Archive
Oracle : ambiguous join statements being accepted and executed
I came across a weird piece of SQL earlier today where my first reaction was “That is just invalid SQL”, except that I was viewing it in OEM so it clearly had been parsed and executed. Perhaps it is not too bizarre or surprising to some, but because the form of the SQL is something I would not write due to the inherent problem within it that I didn’t expect Oracle to behave as it did.
In abstract form the statement is as follows:
select *
from a
full outer join b on a.id = b.id
inner join c on a.id = c.id
Perhaps that seems innocent enough but its ambiguous and non-resolvable. To demonstrate that let’s consider giving some minor data to A,B and C.
A - records with ID = 1,2 and 3.
B - records with ID = 1,2 and 4.
C - records with ID = 1 and 2.
If A joins to C, we resolve down via the inner join to just IDs of 1 and 2 – and then full outer join to B getting to a final result of 1,2,4.
If A joins to B first, we get rows with 1,2,3,4 – and then the inner join to C getting a final result of 1,2.
This is why as soon as I saw the statement I considered it invalid – its ambiguous and if I was to treat SQL correctly as a declarative language, there is no notion within that statement as it stands to know which would be the correct answer.

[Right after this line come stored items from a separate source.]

//! What is printed, and what is read. Where memory is wanting, something is left out.

use std::alloc::Global;

/// How many bytes a block has.
const BLOCK: usize = 4096;

/// Adds a text.
pub(crate) fn say(page: &mut Vec<u8>, text: &str) {
    page.extend_from_slice(text.as_bytes()).ok();
}

/// Adds a name and a number.
pub(crate) fn field(page: &mut Vec<u8>, name: &str, number: u64) {
    say(page, name);
    say(page, " ");
    digits(page, number, 10);
}

/// Adds a number in hexadecimal.
pub(crate) fn hex(page: &mut Vec<u8>, number: u32) {
    digits(page, u64::from(number), 16);
}

/// Adds the digits of a number to this base, which is 10 or 16.
pub(crate) fn digits(page: &mut Vec<u8>, number: u64, base: u64) {
    let base = base.max(2);
    let mut unit: u64 = 1;
    for _ in 0..19 {
        if unit > 0 && number / unit >= base {
            unit = unit.wrapping_mul(base);
        }
    }
    for _ in 0..20 {
        if unit > 0 {
            page.push(digit(number / unit % base)).ok();
            unit /= base;
        }
    }
}

/// The digit of this value.
fn digit(value: u64) -> u8 {
    match b"0123456789abcdef".get(value as usize) {
        Some(digit) => *digit,
        None => b'?',
    }
}

/// Adds the words of bytes, where a block that repeats a word stands as that word behind a star.
pub(crate) fn tell_words(page: &mut Vec<u8>, bytes: &[u8]) {
    let mut rest = bytes;
    for _ in 0..bytes.len() / 4 {
        if let [a, b, c, d, ..] = rest {
            let repeats = repeats_a_word(rest);
            say(page, if repeats { " *" } else { " " });
            hex(page, u32::from_be_bytes([*a, *b, *c, *d]));
            rest = rest.get(if repeats { BLOCK } else { 4 }..).unwrap_or(&[]);
        }
    }
}

/// Whether the block at the front of bytes repeats its first word.
fn repeats_a_word(bytes: &[u8]) -> bool {
    match bytes.get(..BLOCK) {
        Some(block) => block.get(4..) == block.get(..BLOCK - 4),
        None => false,
    }
}

/// What stands before the first such mark, and behind it.
pub(crate) fn cut(text: &str, mark: char) -> (&str, &str) {
    text.split_once(mark).unwrap_or((text, ""))
}

/// The number that a word writes; 0 where it writes none.
pub(crate) fn number_of(word: &str) -> u32 {
    u32::from_str_radix(word, 10).unwrap_or(0)
}

/// The number that a word writes in hexadecimal; 0 where it writes none.
pub(crate) fn hex_of(word: &str) -> u32 {
    u32::from_str_radix(word, 16).unwrap_or(0)
}

/// The bytes of these words, the highest byte of each first.
pub(crate) fn bytes_of(alloc: Global, words: &str) -> Vec<u8> {
    let mut bytes = Vec::new(alloc);
    let mut rest = words;
    for _ in 0..words.len() {
        if !rest.is_empty() {
            let (word, behind) = cut(rest, ' ');
            if !word.is_empty() {
                push_word(&mut bytes, word);
            }
            rest = behind;
        }
    }
    bytes
}

/// Adds the bytes of a word.
fn push_word(bytes: &mut Vec<u8>, word: &str) {
    let (_, byte) = cut(word, '+');
    let (times, repeated) = cut(word, '*');
    if !byte.is_empty() {
        bytes
            .extend_from_slice(&hex_of(byte).to_be_bytes()[3..])
            .ok();
    } else if repeated.is_empty() {
        push_numbers(bytes, &[hex_of(word)]);
    } else {
        for _ in 0..number_of(times) {
            push_numbers(bytes, &[hex_of(repeated)]);
        }
    }
}

/// Adds the bytes of numbers, the highest byte of each first.
pub(crate) fn push_numbers(bytes: &mut Vec<u8>, numbers: &[u32]) {
    for number in numbers {
        bytes.extend_from_slice(&number.to_be_bytes()).ok();
    }
}

/// A copy of bytes.
pub(crate) fn copy_of(alloc: Global, bytes: &[u8]) -> Vec<u8> {
    let mut copy = Vec::new(alloc);
    copy.extend_from_slice(bytes).ok();
    copy
}

/// Writes bytes over others, and past their end.
pub(crate) fn write_over(into: &mut Vec<u8>, place: usize, bytes: &[u8]) {
    let end = place.saturating_add(bytes.len());
    if into.len() < end {
        into.resize(end, 0).ok();
    }
    if place <= end && end <= into.len() && end - place == bytes.len() {
        into[place..end].copy_from_slice(bytes);
    }
}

So that is so far theory crafting – so let’s put this into some real simple examples of code.
with a as
(
select 1 as id from dual
union
select 2 as id from dual
union
select 3 as id from dual
)
, b as (
select 1 as id from dual
union
select 2 as id from dual
union
select 4 as id from dual
)
, c as (
select 1 as id from dual
union
select 2 as id from dual
)
select a.id as a_id, b.id as b_id, c.id as c_id
from a
full outer join b on a.id = b.id
inner join c on a.id = c.id
The results:
>A_ID B_ID C_ID
>---------- ---------- ----------
>1 1 1
>2 2 2
So that looks clear, it performs the outer join, and then the inner join – seems straight forward? but if this is properly being treated as declarative as it should be then we still know that there is an ambiguity in the statement, but Oracle has ignored that and applied a rule to make the decision for you. I already have an issue with that approach since there is no indication that it had to step in and correct an ambiguity in the statement submitted.

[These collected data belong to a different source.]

//! How the lines of a schedule are played over any world that has rules for it: as definitions, over a world, and what is known of each
//! run.
//!
//! The definitions are in `specs/`: `Delivering` (the least packet that was never delivered), `Rules` (the rules of a world, and how an
//! event, a round, a flow and the lines of a schedule are played by them), `Playing` (those of the protocol's world), and `Lawful`, which
//! says what holds of each schedule that was played to its end in it. [`play`] plays lines over a world. No line is unrolled: a round, a
//! flow and repeated ticks are loops.

mod delivered;
mod events;
mod laws;
mod lines;
mod plain;
mod played;
mod world;

pub use delivered::{Delivered, note, packet_in};
pub use laws::played_runs_are_lawful;
pub use lines::play;
pub use played::Played;
pub use world::OuterWorld;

Normally in SQL we know that changing the order of the joins should not make a difference in the result – it can change the explain plan for the query, especially with an ordered hint in place, but the results should be the same – so let’s test that concept on this.
with a as
(
select 1 as id from dual
union
select 2 as id from dual
union
select 3 as id from dual
)
, b as (
select 1 as id from dual
union
select 2 as id from dual
union
select 4 as id from dual
)
, c as (
select 1 as id from dual
union
select 2 as id from dual
)
select a.id as a_id, b.id as b_id, c.id as c_id
from a
inner join c on a.id = c.id
full outer join b on a.id = b.id
All that has changed is the inner join is moved above the full outer join – but that is the limit of the difference. The results:
>A_ID B_ID C_ID
>---------- ---------- ----------
>1 1 1
>2 2 2
> 4
Now, in my view of the SQL world, this is just incorrect – the statement was ambiguous to start with and should not of been permitted to be executed, but rejected and an exception thrown. It should be treated as a declarative language and no inference from the order of the joins should be made.

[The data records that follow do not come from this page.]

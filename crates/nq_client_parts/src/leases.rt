//! The leases that a client holds, in order of files.

ghost use Rattle.std.specs.Prelude.{◌≡◌, ◌≤◌, ◌<◌, ◌+◌, ◌-◌, [], map, slice_get, slice_set, option_map, vec_len, vec_capacity, Some, IsSome, IsOk, OnOk, OnErr};
ghost use Rattle.std.specs.Prelude.{true};
ghost use Rattle.std.specs.List.{insert, remove};
ghost use Rattle.nq_client_parts.specs.HoldingLeases.{lease_of, of_kind};
ghost use Rattle.nq_model.specs.protocol.Client.{lease_on, drop_lease, put_lease, used_lease};
ghost use Rattle.nq_client_parts.specs.ByFile.{Ascends, IsPlace, of_file};
ghost use Rattle.nq_client_parts.specs.Leases.{lease_in, file_of_row};

use crate::holding::{Held, Lease};
use nq_base::{FileId, Mode, NoMemory};
use std::alloc::Global;
use std::marker::Model;

/// A lease with its kind.
#[derive(Clone, Copy)]
pub(crate) struct HeldLease {
    /// Its kind.
    pub(crate) mode: Mode,
    /// The lease.
    pub(crate) lease: Lease,
}

/// The leases that a client holds, one for a file. Clauses see them in order of files, and for how many more files there
/// is room before memory is wanted.
#[derive(Drop)]
pub struct Leases {
    rows: Vec<HeldLease>,
}

impl Model for Leases {
    ghost use Rattle.std.specs.Prelude.{◌-◌, map, vec_len, vec_capacity};
    ghost use Rattle.nq_client_parts.specs.ByFile.{Ascends};
    ghost use Rattle.nq_client_parts.specs.Leases.{LeaseList, lease_in, file_of_row};

    ghost Value = { LeaseList };

    ghost view = { λ l. record { items = map lease_in l.rows.items; spare = vec_capacity l.rows - vec_len l.rows } };

    ghost invariant = { λ l. Ascends file_of_row l.rows.items };
}

impl Leases {
    /// No leases. It takes no memory.
    pub fn new(alloc: Global) -> Leases
        ensures { result.items ≡ [] }
    {
        Leases {
            rows: Vec::new(alloc),
        }
    }

    /// What is held on a file.
    pub fn on(&self, file: FileId) -> Held
        ensures { lease_of result ≡ lease_on file self.now.items }
    {
        held(find(&self.rows, file))
    }

    /// The leases with their kinds, in order of files.
    pub(crate) fn rows(&self) -> &[HeldLease]
        ensures rows { map lease_in result.now ≡ self.now.items }
        ensures ascends { Ascends file_of_row result.now }
    {
        &self.rows
    }

    /// Makes room for the leases of `files` files on which none is held.
    pub fn reserve(&mut self, files: usize) -> Result<(), NoMemory>
        ensures items { self.new.items ≡ self.old.items }
        ensures room { OnOk result (files ≤ self.new.spare) }
        ensures refused { OnErr result (self.new ≡ self.old) }
        ensures succeeds { files ≤ self.old.spare → IsOk result }
        ensures spare { self.old.spare ≤ self.new.spare }
    {
        self.rows.try_reserve(files)?;
        Ok(())
    }

    /// Puts a lease in the place of another of its file, or where none is held.
    ///
    /// # Errors
    ///
    /// Only want of memory, and then nothing changed. A file on which a lease is held wants none, nor does another where
    /// room is reserved.
    pub fn put_lease(&mut self, mode: Mode, lease: Lease) -> Result<(), NoMemory>
        ensures put { OnOk result (self.new.items ≡ put_lease (of_kind mode lease) self.old.items) }
        ensures refused { OnErr result (self.new ≡ self.old) }
        ensures there { IsSome (lease_on lease.file self.old.items) → IsOk result }
        ensures kept { IsSome (lease_on lease.file self.old.items) → self.new.spare ≡ self.old.spare }
        ensures succeeds { 1 ≤ self.old.spare → IsOk result }
        ensures spare { self.old.spare ≤ self.new.spare + 1 }
    {
        put_lease(&mut self.rows, &HeldLease { mode, lease })
    }

    /// Takes the lease on a file out, if one is held.
    pub fn remove(&mut self, file: FileId)
        ensures items { self.new.items ≡ drop_lease file self.old.items }
        ensures spare { self.old.spare ≤ self.new.spare }
    {
        take_lease(&mut self.rows, file);
    }

    /// Notes that the lease on a file was used, if one is held.
    pub fn mark_used(&mut self, file: FileId)
        ensures items { self.new.items ≡ used_lease file self.old.items }
        ensures spare { self.new.spare ≡ self.old.spare }
    {
        mark(&mut self.rows, file);
    }
}

/// A row as it is held.
fn held(row: Option<HeldLease>) -> Held
    ensures { lease_of result ≡ option_map lease_in row }
{
    match row {
        Some(row) => Held::of_kind(row.mode, row.lease),
        None => Held::Nothing,
    }
}

/// Where the row of a file stands, or would stand.
fn place_of(rows: &[HeldLease], file: FileId) -> usize
    requires { Ascends file_of_row rows.now }
    ensures { IsPlace file_of_row file rows.now result }
{
    rows.partition_point(|row| row.lease.file < file)
}

/// What stands at the place of a file, if that is of the file.
fn at(rows: &[HeldLease], place: usize, file: FileId) -> Option<HeldLease>
    ensures { result ≡ of_file file_of_row file (slice_get rows.now place) }
{
    match rows.get(place) {
        Some(row) if row.lease.file == file => Some(*row),
        _ => None,
    }
}

/// The row of a file.
fn find(rows: &[HeldLease], file: FileId) -> Option<HeldLease>
    requires { Ascends file_of_row rows.now }
    ensures { option_map lease_in result ≡ lease_on file (map lease_in rows.now) }
{
    at(rows, place_of(rows, file), file)
}

/// Puts a row in the place of another.
fn replace(rows: &mut Vec<HeldLease>, place: usize, row: HeldLease)
    requires { place < vec_len rows.old }
    ensures items { rows.new.items ≡ slice_set rows.old.items place row }
    ensures len { vec_len rows.new ≡ vec_len rows.old }
    ensures capacity { vec_capacity rows.new ≡ vec_capacity rows.old }
{
    rows[place] = row;
}

/// Notes that the lease of a file was used.
fn mark(rows: &mut Vec<HeldLease>, file: FileId)
    requires { Ascends file_of_row rows.old.items }
    ensures marked { map lease_in rows.new.items ≡ used_lease file (map lease_in rows.old.items) }
    ensures ascends { Ascends file_of_row rows.new.items }
    ensures len { vec_len rows.new ≡ vec_len rows.old }
    ensures capacity { vec_capacity rows.new ≡ vec_capacity rows.old }
{
    let place = place_of(rows, file);
    match at(rows, place, file) {
        Some(row) => replace(rows, place, used(row)),
        None => {}
    }
}

/// A row whose lease was used.
fn used(row: HeldLease) -> HeldLease
    ensures { result ≡ record row { lease = record row.lease { used = true } } }
{
    HeldLease {
        mode: row.mode,
        lease: Lease {
            used: true,
            ..row.lease
        },
    }
}

/// Puts a row that is not there at a place, without memory.
fn insert(rows: &mut Vec<HeldLease>, place: usize, row: HeldLease)
    requires within { place ≤ vec_len rows.old }
    requires room { vec_len rows.old < vec_capacity rows.old }
    ensures items { rows.new.items ≡ insert rows.old.items place row }
    ensures len { vec_len rows.new ≡ vec_len rows.old + 1 }
    ensures capacity { vec_capacity rows.old ≤ vec_capacity rows.new }
{
    rows.insert(place, row).unwrap();
}

/// Puts a row at the place of its file.
fn put_lease(rows: &mut Vec<HeldLease>, row: &HeldLease) -> Result<(), NoMemory>
    requires { Ascends file_of_row rows.old.items }
    ensures put { OnOk result (map lease_in rows.new.items ≡ put_lease (lease_in row.now) (map lease_in rows.old.items)) }
    ensures ascends { Ascends file_of_row rows.new.items }
    ensures refused { OnErr result ((rows.new.items ≡ rows.old.items) × (vec_len rows.new ≡ vec_len rows.old)
        × (vec_capacity rows.new ≡ vec_capacity rows.old)) }
    ensures there { IsSome (lease_on row.now.lease.file (map lease_in rows.old.items)) → IsOk result }
    ensures kept { IsSome (lease_on row.now.lease.file (map lease_in rows.old.items)) → (vec_len rows.new ≡ vec_len rows.old)
        × (vec_capacity rows.new ≡ vec_capacity rows.old) }
    ensures room { vec_len rows.old < vec_capacity rows.old → IsOk result }
    ensures len { vec_len rows.new ≤ vec_len rows.old + 1 }
    ensures capacity { vec_capacity rows.old ≤ vec_capacity rows.new }
{
    let file = row.lease.file;
    let place = place_of(rows, file);
    match at(rows, place, file) {
        Some(_) => {
            replace(rows, place, *row);
            Ok(())
        }
        None => {
            rows.try_reserve(1)?;
            insert(rows, place, *row);
            Ok(())
        }
    }
}

/// Takes the row at a place out.
fn take_at(rows: &mut Vec<HeldLease>, place: usize)
    requires { place < vec_len rows.old }
    ensures items { rows.new.items ≡ remove rows.old.items place }
    ensures len { vec_len rows.new ≤ vec_len rows.old }
    ensures capacity { vec_capacity rows.new ≡ vec_capacity rows.old }
{
    rows.remove(place);
}

/// Takes the row of a file out.
fn take_lease(rows: &mut Vec<HeldLease>, file: FileId)
    requires { Ascends file_of_row rows.old.items }
    ensures taken { map lease_in rows.new.items ≡ drop_lease file (map lease_in rows.old.items) }
    ensures ascends { Ascends file_of_row rows.new.items }
    ensures len { vec_len rows.new ≤ vec_len rows.old }
    ensures capacity { vec_capacity rows.new ≡ vec_capacity rows.old }
{
    let place = place_of(rows, file);
    match at(rows, place, file) {
        Some(_) => take_at(rows, place),
        None => {}
    }
}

Whats surprising to me is that it accepts, parses and executes the statement with no warnings or declaration of what it is doing, and then to make matters worse it is not consistent in the result, but bases the result on an inference which is going to be somewhat random on the style of the developer writing the SQL. I would normally say that the order of joins on a statement does not affect the final output – evidently that is not entirely true.